- PROBLEM TO SOLVE -
The response should hold each line from the entries below where "that" is found.

- Dataset entries -

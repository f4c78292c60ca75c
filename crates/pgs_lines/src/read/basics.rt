ghost use Rattle.std.specs.Prelude.{◌≡◌};
ghost use Rattle.std.specs.Option.{option_copied};
ghost use Rattle.pgs_words.specs.Forms.{Gives, left, last};
ghost use Rattle.pgs_words.specs.Fields as fields;
ghost use Rattle.pgs_lines.specs.Basics as basics;

use super::contexts::context;
use super::damages::damage;
use super::objects::{kind, members, rank, snap};
use super::ops::op;
use crate::basic::Basic;
use crate::object::Object;
use pgs_words::{ReadError, dashed, ended, is_word, name, number};
use std::alloc::Global;

fn write(alloc: Global, words: Option<&[u8]>) -> Result<Basic, ReadError>
    ensures { Gives (λ x. x) result (basics.write_read (left 32 (option_copied words.entry))) }
{
    let (client, words) = number(words)?;
    let (serial, words) = number(words)?;
    let (space, words) = dashed(alloc, words, 64)?;
    let (key, words) = dashed(alloc, words, 255)?;
    let (name, words) = name(alloc, words, 255)?;
    let (context, words) = context(alloc, words)?;
    let op = op(alloc, words)?;
    let object = Object { space, key, name };
    Ok(Basic::Write {
        client,
        serial,
        object,
        context,
        op,
    })
}

fn collect(words: Option<&[u8]>) -> Result<Basic, ReadError>
    ensures { Gives (λ x. x) result (basics.collect_read (left 32 (option_copied words.entry))) }
{
    let (group, words) = number(words)?;
    let (client, words) = number(words)?;
    let (serial, words) = number(words)?;
    ended(words)?;
    Ok(Basic::Collect {
        group,
        client,
        serial,
    })
}

// G OSD, the last words.
fn member(words: Option<&[u8]>) -> Result<(u32, u32), ReadError>
    ensures { Gives (λ x. x) result ((basics.member_form).read (left 32 (option_copied words.entry))) }
{
    let (group, words) = number(words)?;
    let (osd, words) = number(words)?;
    ended(words)?;
    Ok((group, osd))
}

// A number, the last word.
fn only(words: Option<&[u8]>) -> Result<u32, ReadError>
    ensures { Gives (λ x. x) result ((last fields.number).read (left 32 (option_copied words.entry))) }
{
    let (number, words) = number(words)?;
    ended(words)?;
    Ok(number)
}

fn begin(words: Option<&[u8]>) -> Result<Basic, ReadError>
    ensures { Gives (λ x. x) result (basics.begin_read (left 32 (option_copied words.entry))) }
{
    let (group, words) = number(words)?;
    let (kind, words) = kind(words)?;
    ended(words)?;
    Ok(Basic::Begin { group, kind })
}

fn damage_step(alloc: Global, words: Option<&[u8]>) -> Result<Basic, ReadError>
    ensures { Gives (λ x. x) result (basics.damage_read (left 32 (option_copied words.entry))) }
{
    let (group, words) = number(words)?;
    let (osd, words) = number(words)?;
    let (space, words) = dashed(alloc, words, 64)?;
    let (key, words) = dashed(alloc, words, 255)?;
    let (name, words) = name(alloc, words, 255)?;
    let (snap, words) = snap(words)?;
    let damage = damage(alloc, words)?;
    let object = Object { space, key, name };
    Ok(Basic::Damage {
        group,
        osd,
        object,
        snap,
        damage,
    })
}

fn interval(alloc: Global, words: Option<&[u8]>) -> Result<Basic, ReadError>
    ensures { Gives (λ x. x) result (basics.interval_read (left 32 (option_copied words.entry))) }
{
    let (group, words) = number(words)?;
    let acting = members(alloc, words)?;
    Ok(Basic::Interval { group, acting })
}

fn job(words: Option<&[u8]>) -> Result<Basic, ReadError>
    ensures { Gives (λ x. x) result (basics.job_read (left 32 (option_copied words.entry))) }
{
    let (group, words) = number(words)?;
    let (kind, words) = kind(words)?;
    let (rank, words) = rank(words)?;
    let (moment, words) = number(words)?;
    ended(words)?;
    Ok(Basic::Job {
        group,
        kind,
        rank,
        moment,
    })
}

// The step that a first word and the words behind it spell, where it says who acts or which scrubs may begin.
#[tactic(auto, unfolding(crate::specs::Basics::plan_rows, crate::specs::Basics::plan_read))]
fn plan_in(alloc: Global, word: &[u8], words: Option<&[u8]>) -> Result<Basic, ReadError>
    ensures { Gives (λ x. x) result (basics.plan_read word.now (left 32 (option_copied words.entry))) }
{
    if is_word(word, b"interval") {
        return interval(alloc, words);
    }
    if is_word(word, b"claim") {
        let group = only(words)?;
        return Ok(Basic::Claim { group });
    }
    if is_word(word, b"release") {
        let (group, osd) = member(words)?;
        return Ok(Basic::Release { group, osd });
    }
    if is_word(word, b"job") {
        return job(words);
    }
    if is_word(word, b"unjob") {
        let group = only(words)?;
        return Ok(Basic::Unjob { group });
    }
    if is_word(word, b"pick") {
        let moment = only(words)?;
        return Ok(Basic::Pick { moment });
    }
    Err(ReadError::Outside)
}

// The step of a scrub that a first word and the words behind it spell.
#[tactic(auto, unfolding(crate::specs::Basics::scrub_rows, crate::specs::Basics::scrub_read))]
fn scrub_in(alloc: Global, word: &[u8], words: Option<&[u8]>) -> Result<Basic, ReadError>
    ensures { Gives (λ x. x) result (basics.scrub_read word.now (left 32 (option_copied words.entry))) }
{
    if is_word(word, b"begin") {
        return begin(words);
    }
    if is_word(word, b"open") {
        let group = only(words)?;
        return Ok(Basic::Open { group });
    }
    if is_word(word, b"scan") {
        let (group, osd) = member(words)?;
        return Ok(Basic::Scan { group, osd });
    }
    if is_word(word, b"take") {
        let (group, osd) = member(words)?;
        return Ok(Basic::Take { group, osd });
    }
    if is_word(word, b"close") {
        let group = only(words)?;
        return Ok(Basic::Close { group });
    }
    plan_in(alloc, word, words)
}

/// The step that a first word and the words behind it spell, where it does one thing.
#[tactic(auto, unfolding(crate::specs::Basics::basic_rows, crate::specs::Basics::basic_read))]
pub fn basic_in(alloc: Global, word: &[u8], words: Option<&[u8]>) -> Result<Basic, ReadError>
    ensures { Gives (λ x. x) result (basics.basic_read word.now (left 32 (option_copied words.entry))) }
{
    if is_word(word, b"write") {
        return write(alloc, words);
    }
    if is_word(word, b"collect") {
        return collect(words);
    }
    if is_word(word, b"pull") {
        let (group, osd) = member(words)?;
        return Ok(Basic::Pull { group, osd });
    }
    if is_word(word, b"apply") {
        let (group, osd) = member(words)?;
        return Ok(Basic::Apply { group, osd });
    }
    if is_word(word, b"tell") {
        let (group, osd) = member(words)?;
        return Ok(Basic::Tell { group, osd });
    }
    if is_word(word, b"damage") {
        return damage_step(alloc, words);
    }
    scrub_in(alloc, word, words)
}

- SOLVED PROBLEM -
// The step that a first word and the words behind it spell, where it says who acts or which scrubs may begin.
// The step of a scrub that a first word and the words behind it spell.
/// The step that a first word and the words behind it spell, where it does one thing.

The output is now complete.